# Who has an Englander wood furnace



## elkimmeg (Nov 18, 2007)

Busy day here Ma logger stopped by because he had a run away scare with his new Ashley wood stove last night. One of these stoves that has so much air to the fire box it meets the 35 to 1 air ratio and is EPA exempt So much air in there an no way to control it even with an inline damper closed.

  He needs more safe heat for his home the last year small Qudra-fire nice stove safe but too small about the size of the Englander NC13 So I suggested the NC30 that BB has

 During his research he came across the Englander wood furnace in his location is a very easy connection to his existing hot air system Rated at 80000 BTUs with a 859 Cfm fan and able to take 24” logs and EPA approved this make the most sense for his application Its not like it is in full view nobody will see it in his basement Plus he is in the land clearing business So supplying a furnace is not an issue


What amazed me it it is rated 80,000 btus but a much smaller fire box summit is rated much higher and a Jotul only 5000 BTUS less, but the fire box difference size is huge

 These manufacture claims, must be the next 8th wonder of the world.

I’m posting to find out experiences with this Englander furnace some pro or cons or general replies.

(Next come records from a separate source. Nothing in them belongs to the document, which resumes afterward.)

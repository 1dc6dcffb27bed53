//! The bundles of a package by their items, along which a lookup from an open locale walks. The
//! keys that a `LentItem` needs not read are asked only on trails.
ghost use Rattle.rb_packages.specs.Lent.{bundles_lent};
ghost use Rattle.rb_views.specs.Seen.{tree_seen};

use rb_locales::Name;
use rb_packages::AppShelf;
use rb_parents::Shelf;
use rb_views::Item;

#[derive(Clone, Copy)]
pub(crate) struct ItemShelf<'a> {
    pub(crate) shelf: AppShelf<'a>,
}

impl<'a> Shelf<'a> for ItemShelf<'a> {
    type N = Item<'a>;

    ghost bundles = { λ s. bundles_lent s.shelf };

    fn bundle(self, name: &Name) -> Option<(Item<'a>, bool)> {
        match self.shelf.bundle(name) {
            Some((root, no_fallback)) => Some((root.item(), no_fallback)),
            None => None,
        }
    }
}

 The other Hearth com member visiting here was Burn-1 picking up  a liner kit I got for him so the 3 of us got a chance to compare chainsaws and do hearth/ stove talk  

 Nice to meet Burn-1

 For tonight my suggestion to Malogger was to install a second inline damper to slow that beast down I know I not maybe the best solution but he had one there. He like me being in construction and our industry hurting real bad, is not in the position to be making major purchases at this time  Diesel fuel cost is killing his opperations


----------



## BrotherBart (Nov 18, 2007)

The Englander furnace is EPA exempt Elk. No secondary burn provision in it. If it had been EPA certified that is what would be in this place right now.


----------



## elkimmeg (Nov 18, 2007)

EPA 63% efficiency  Thats why I thought it was EPA approved   Having no secondary burns I wonder the burn times between loading

 we need Corie or mike to tell us the scoop and fire box size


----------



## Corie (Nov 18, 2007)

Where did you get the 63% efficiency number from Elk? That furnace is not certified for emissions and is essentially an old school style wood stove with a beefy blower and air jacket.  The firebox is quite large - I will have to measure on monday to give you the exact dimensions.


----------



## stoveguy2esw (Nov 18, 2007)

i put one in my dads house last fall, the beast heats his whole house (3600 sq ft including basement) the ducting on the house is perfect for this type unit though , central trunks , vertical runs of ducting to upper floors  with returns  around outside of house to 2 main returns to the furnace. makes for a nice convection current , blower for the stove actually works well enough that the whole house furnace fan seldom is needed. we pulled a 1977 englander step up add on to install this , as a footnote , that unit heated the house well also from the time it was installed until the replacement last fall, stove has no warpage at all and even the origional bricks are still in great shape.


----------



## ericjeeper (Jan 13, 2008)

Pulled an old post out to ask a few questions of Corie and Mike.
On the England furnaces. Is there any sort of controls as far as automatic damper to be tied into a wall mounted thermostat?
Is it an option if not already in place?


----------